▶ [Material shown]
//! Whole scripts, and what they print.

/// The stored run: a trigger with the cut, and a check that finds nothing.
pub const STORED: &str = "\
servers 1\n\
begin\n\
[a]\n\
rw=write\n\
bs=512\n\
size=1k\n\
iodepth=2\n\
.\n\
deliver 0\n\
deliver 1\n\
deliver 2\n\
deliver 3\n\
issue 0 0\n\
issue 0 0\n\
land 0 0 0 all\n\
done 0 0 0\n\
trigger 1 cut\n\
deliver 4\n\
deliver 5\n\
deliver 6\n\
cut 0\n\
restart 0\n\
verify 1\n\
[a]\n\
rw=read\n\
bs=512\n\
size=1k\n\
verify_state_load=1\n\
.\n\
deliver 7\n\
deliver 8\n\
deliver 9\n\
check 0 0\n\
deliver 10\n";

pub const STORED_LINES: &str = "\
ok\n\
ok run 1\n\
sent 0 client 0 Jobs 62\n\
ok\n\
sent 1 0 client JobsOk 28\n\
ok\n\
sent 2 client 0 Start 24\n\
ok\n\
sent 3 0 client Started 24\n\
ok\n\
ok write 0 block 0\n\
ok write 1 block 1\n\
ok\n\
ok\n\
ok\n\
sent 4 client 0 Trigger 25\n\
ok\n\
sent 5 0 client State 156\n\
ok\n\
sent 6 client 0 StateAck 28\n\
ok\n\
act cut 0\n\
ok\n\
ok\n\
ok attempt 1\n\
sent 7 client 0 Verify 79\n\
ok\n\
sent 8 0 client WantState 36\n\
ok\n\
sent 9 client 0 Saved 160\n\
ok\n\
ok report checked 1 faults 0 end whole first -\n\
sent 10 0 client Report 57\n\
ok\n";

/// Two jobs and each answer of `issue`, a write that fails and one that never lands, requests that are
/// asked again and such as are answered, a cut within a save, and a check that ends at its first fault.
pub const ANSWERS: &str = "\
servers 1\n\
begin\n\
[a]\n\
rw=write\n\
bs=512\n\
size=1k\n\
io_size=2k\n\
iodepth=2\n\
x_window=2\n\
[b]\n\
rw=write\n\
bs=512\n\
size=512\n\
io_size=1k\n\
iodepth=2\n\
.\n\
deliver 0\n\
deliver 1\n\
tick\n\
deliver 2\n\
deliver 4\n\
tick\n\
issue 0 0\n\
issue 0 0\n\
issue 0 0\n\
land 0 0 1 all\n\
done 0 0 1\n\
issue 0 0\n\
issue 0 1\n\
issue 0 1\n\
fail 0 0 0\n\
issue 0 0\n\
land 0 1 0 all\n\
done 0 1 0\n\
issue 0 1\n\
done 0 1 1\n\
issue 0 1\n\
trigger 1\n\
deliver 5\n\
deliver 6\n\
cutold deliver 7\n\
deliver 7\n\
restart client\n\
deliver 7\n\
deliver 8\n\
deliver 9\n\
stop 1\n\
deliver 10\n\
deliver 11\n\
verify 1\n\
[a]\n\
rw=read\n\
bs=512\n\
size=1k\n\
io_size=2k\n\
iodepth=2\n\
x_window=2\n\
verify_state_load=1\n\
verify_fatal=1\n\
[b]\n\
rw=read\n\
bs=512\n\
size=512\n\
io_size=1k\n\
iodepth=2\n\
verify_state_load=1\n\
verify_fatal=1\n\
.\n\
deliver 12\n\
deliver 13\n\
deliver 14\n\
deliver 15\n\
deliver 16\n\
check 0 0\n\
check 0 1\n";

pub const ANSWERS_LINES: &str = "\
ok\n\
ok run 1\n\
sent 0 client 0 Jobs 134\n\
ok\n\
sent 1 0 client JobsOk 28\n\
ok\n\
sent 2 client 0 Start 24\n\
ok\n\
sent 3 client 0 Start 24\n\
ok\n\
sent 4 0 client Started 24\n\
ok\n\
ok\n\
ok write 0 block 0\n\
ok write 1 block 1\n\
ok full\n\
ok\n\
ok\n\
ok held\n\
ok write 0 block 0\n\
ok overlap\n\
ok\n\
ok stopped\n\
ok\n\
ok\n\
ok write 1 block 0\n\
ok\n\
ok finished\n\
ok\n\
sent 5 client 0 Trigger 25\n\
ok\n\
sent 6 0 client State 156\n\
sent 7 0 client State 156\n\
ok\n\
sent 8 client 0 StateAck 28\n\
ok\n\
refused 81 NodeOff\n\
ok\n\
ok\n\
sent 9 client 0 StateAck 28\n\
ok\n\
ok\n\
ok\n\
sent 10 client 0 Stop 24\n\
ok\n\
sent 11 0 client Stopped 24\n\
ok\n\
ok attempt 1\n\
sent 12 client 0 Verify 210\n\
ok\n\
sent 13 0 client WantState 36\n\
sent 14 0 client WantState 36\n\
ok\n\
sent 15 client 0 Saved 160\n\
ok\n\
sent 16 client 0 Saved 160\n\
ok\n\
ok\n\
ok report checked 1 faults 0 end whole first -\n\
sent 17 0 client Report 57\n\
ok report checked 1 faults 1 end fault first 0\n\
sent 18 0 client Report 61\n";

/// A text of 2,000 bytes, which goes out in pieces twice: of one sending the first piece comes, of the
/// other the second.
pub const PIECES: &str = "\
servers 1\n\
begin\n\
[a]\n\
rw=write\n\
bs=512\n\
size=1k\n\
iodepth=2\n\
#xxxxxxxxxxxxxxxxxxxxxxxxxxxxxxxxxxxxxxxxxxxxxxxxxxxxxxxxxxxxxxxxxxxxxxxxxxxxxxxxxxxxxxxxxxxxxxxx\n\
#xxxxxxxxxxxxxxxxxxxxxxxxxxxxxxxxxxxxxxxxxxxxxxxxxxxxxxxxxxxxxxxxxxxxxxxxxxxxxxxxxxxxxxxxxxxxxxxx\n\
#xxxxxxxxxxxxxxxxxxxxxxxxxxxxxxxxxxxxxxxxxxxxxxxxxxxxxxxxxxxxxxxxxxxxxxxxxxxxxxxxxxxxxxxxxxxxxxxx\n\
#xxxxxxxxxxxxxxxxxxxxxxxxxxxxxxxxxxxxxxxxxxxxxxxxxxxxxxxxxxxxxxxxxxxxxxxxxxxxxxxxxxxxxxxxxxxxxxxx\n\
#xxxxxxxxxxxxxxxxxxxxxxxxxxxxxxxxxxxxxxxxxxxxxxxxxxxxxxxxxxxxxxxxxxxxxxxxxxxxxxxxxxxxxxxxxxxxxxxx\n\
#xxxxxxxxxxxxxxxxxxxxxxxxxxxxxxxxxxxxxxxxxxxxxxxxxxxxxxxxxxxxxxxxxxxxxxxxxxxxxxxxxxxxxxxxxxxxxxxx\n\
#xxxxxxxxxxxxxxxxxxxxxxxxxxxxxxxxxxxxxxxxxxxxxxxxxxxxxxxxxxxxxxxxxxxxxxxxxxxxxxxxxxxxxxxxxxxxxxxx\n\
#xxxxxxxxxxxxxxxxxxxxxxxxxxxxxxxxxxxxxxxxxxxxxxxxxxxxxxxxxxxxxxxxxxxxxxxxxxxxxxxxxxxxxxxxxxxxxxxx\n\
#xxxxxxxxxxxxxxxxxxxxxxxxxxxxxxxxxxxxxxxxxxxxxxxxxxxxxxxxxxxxxxxxxxxxxxxxxxxxxxxxxxxxxxxxxxxxxxxx\n\
#xxxxxxxxxxxxxxxxxxxxxxxxxxxxxxxxxxxxxxxxxxxxxxxxxxxxxxxxxxxxxxxxxxxxxxxxxxxxxxxxxxxxxxxxxxxxxxxx\n\
#xxxxxxxxxxxxxxxxxxxxxxxxxxxxxxxxxxxxxxxxxxxxxxxxxxxxxxxxxxxxxxxxxxxxxxxxxxxxxxxxxxxxxxxxxxxxxxxx\n\
#xxxxxxxxxxxxxxxxxxxxxxxxxxxxxxxxxxxxxxxxxxxxxxxxxxxxxxxxxxxxxxxxxxxxxxxxxxxxxxxxxxxxxxxxxxxxxxxx\n\
#xxxxxxxxxxxxxxxxxxxxxxxxxxxxxxxxxxxxxxxxxxxxxxxxxxxxxxxxxxxxxxxxxxxxxxxxxxxxxxxxxxxxxxxxxxxxxxxx\n\
#xxxxxxxxxxxxxxxxxxxxxxxxxxxxxxxxxxxxxxxxxxxxxxxxxxxxxxxxxxxxxxxxxxxxxxxxxxxxxxxxxxxxxxxxxxxxxxxx\n\
#xxxxxxxxxxxxxxxxxxxxxxxxxxxxxxxxxxxxxxxxxxxxxxxxxxxxxxxxxxxxxxxxxxxxxxxxxxxxxxxxxxxxxxxxxxxxxxxx\n\
#xxxxxxxxxxxxxxxxxxxxxxxxxxxxxxxxxxxxxxxxxxxxxxxxxxxxxxxxxxxxxxxxxxxxxxxxxxxxxxxxxxxxxxxxxxxxxxxx\n\
#xxxxxxxxxxxxxxxxxxxxxxxxxxxxxxxxxxxxxxxxxxxxxxxxxxxxxxxxxxxxxxxxxxxxxxxxxxxxxxxxxxxxxxxxxxxxxxxx\n\
#xxxxxxxxxxxxxxxxxxxxxxxxxxxxxxxxxxxxxxxxxxxxxxxxxxxxxxxxxxxxxxxxxxxxxxxxxxxxxxxxxxxxxxxxxxxxxxxx\n\
#xxxxxxxxxxxxxxxxxxxxxxxxxxxxxxxxxxxxxxxxxxxxxxxxxxxxxxxxxxxxxxxxxxxxxxxxxxxxxxxxxxxxxxxxxxxxxxxx\n\
#xxxxxxxxxxxxxxxxxxxxxxxxxxxxxxxxxxxxxxxxxxxxxxxxxxxxxxxxxxxxxxxxxxxxxxxxxxxxxxxxxxxxxxxxxxxxxxxx\n\
#\n\
.\n\
tick\n\
deliver 0\n\
deliver 3\n";

pub const PIECES_LINES: &str = "\
ok\n\
ok run 1\n\
sent 0 client 0 Piece 1073\n\
sent 1 client 0 Piece 1033\n\
ok\n\
sent 2 client 0 Piece 1073\n\
sent 3 client 0 Piece 1033\n\
ok\n\
ok\n\
sent 4 0 client JobsOk 28\n";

▶ [Your goal]
Nothing but the exact lines from the start of the material through the line holding "restart 0\n\", both included, belongs in the answer.

▶ [Reply]
//! Whole scripts, and what they print.

/// The stored run: a trigger with the cut, and a check that finds nothing.
pub const STORED: &str = "\
servers 1\n\
begin\n\
[a]\n\
rw=write\n\
bs=512\n\
size=1k\n\
iodepth=2\n\
.\n\
deliver 0\n\
deliver 1\n\
deliver 2\n\
deliver 3\n\
issue 0 0\n\
issue 0 0\n\
land 0 0 0 all\n\
done 0 0 0\n\
trigger 1 cut\n\
deliver 4\n\
deliver 5\n\
deliver 6\n\
cut 0\n\
restart 0\n\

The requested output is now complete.